EXERCISE: For the entries below, report the number of lines containing "there", without any other content.

Excerpts from a dataset:
___

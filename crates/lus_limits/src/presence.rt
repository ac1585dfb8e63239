//! The sizes of the presences of clocks.

ghost use Rattle.std.specs.Prelude.{◌≡◌, ◌+◌, ◌∷◌, [], ℕ, length, map};
ghost use Rattle.lus_tree.specs.View.{contract_item_view};
ghost use Rattle.lus_meaning.specs.Scene.{ghosts};
ghost use Rattle.lus_meaning.specs.Sizes.{presence};
ghost use Rattle.lus_streams.specs.Clocks.{clock_seen};
ghost use Rattle.lus_limits.specs.Measured.{passes};
ghost use Rattle.lus_streams.specs.Names.{names_view};
ghost use Rattle.lus_limits.specs.SizeCuts.{cut_term};
ghost use Rattle.lus_limits.specs.Measured.{size_view};

use crate::term_size::{Size, cut, leaf, one, two};
use lus_streams::clock::Clock;
use lus_streams::names::Names;
use lus_tree::{ContractItem, Param};

/// A clock on the way to the end of its negations, and the size of those that are behind.
#[derive(Clone, Copy)]
struct Passing<'a> {
    clock: Clock<'a>,
    size: Size,
}

/// One negation further, where the clock is one.
#[tactic(auto, using(crate::proofs::Measures::base_passed, crate::proofs::Measures::true_passed, crate::proofs::Measures::false_passed))]
fn step<'a>(names: Names<'a, '_>, passing: Passing<'a>) -> Passing<'a>
    ensures { (d : ℕ) → passes d (names_view names.entry) (clock_seen result.clock) (size_view result.size)
        ≡ passes (d + 1) (names_view names.entry) (clock_seen passing.entry.clock) (size_view passing.entry.size) }
{
    match passing.clock {
        Clock::Base | Clock::Sampled(true, _) => passing,
        Clock::Sampled(false, name) => Passing {
            clock: names.clock_or_base(&name.text),
            size: two(passing.size, one(leaf())),
        },
    }
}

/// As many steps as there are streams.
fn steps<'a>(names: Names<'a, '_>, streams: &[Param], passing: Passing<'a>) -> Passing<'a>
    ensures { (d : ℕ) → passes d (names_view names.entry) (clock_seen result.clock) (size_view result.size)
        ≡ passes (d + length streams.now) (names_view names.entry) (clock_seen passing.entry.clock)
        (size_view passing.entry.size) }
{
    let mut passing = passing;
    for _stream in streams {
        passing = step(names, passing);
    }
    passing
}

/// A step where the item is a ghost variable.
fn ghost_step<'a>(names: Names<'a, '_>, item: &ContractItem, passing: Passing<'a>) -> Passing<'a>
    ensures { (d : ℕ) → passes d (names_view names.entry) (clock_seen result.clock) (size_view result.size)
        ≡ passes (d + length (ghosts (contract_item_view item.now ∷ []))) (names_view names.entry)
        (clock_seen passing.entry.clock) (size_view passing.entry.size) }
{
    match item {
        ContractItem::Ghost(_, _) => step(names, passing),
        ContractItem::Assume(_)
        | ContractItem::Guarantee(_)
        | ContractItem::Constant(_)
        | ContractItem::Mode(_, _, _)
        | ContractItem::Import(_, _, _, _) => passing,
    }
}

/// As many steps as there are ghost variables.
fn ghost_steps<'a>(
    names: Names<'a, '_>,
    items: &[ContractItem],
    passing: Passing<'a>,
) -> Passing<'a>
    ensures { (d : ℕ) → passes d (names_view names.entry) (clock_seen result.clock) (size_view result.size)
        ≡ passes (d + length (ghosts (map contract_item_view items.now))) (names_view names.entry)
        (clock_seen passing.entry.clock) (size_view passing.entry.size) }
{
    let mut passing = passing;
    for item in items {
        passing = ghost_step(names, item, passing);
    }
    passing
}

/// The size of the presence of a clock.
pub(crate) fn presence<'a>(names: Names<'a, '_>, clock: Clock<'a>) -> Size
    ensures { size_view result ≡ cut_term (presence (names_view names.entry) (clock_seen clock.entry)) }
{
    let start = Passing {
        clock,
        size: leaf(),
    };
    let behind = ghost_steps(names, names.owner.contract(), start);
    let behind = steps(names, names.owner.locals(), behind);
    let behind = steps(names, names.owner.outputs(), behind);
    let end = steps(names, names.owner.inputs(), behind);
    cut(end.size)
}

___

RESPONSE TO THE EXERCISE: 2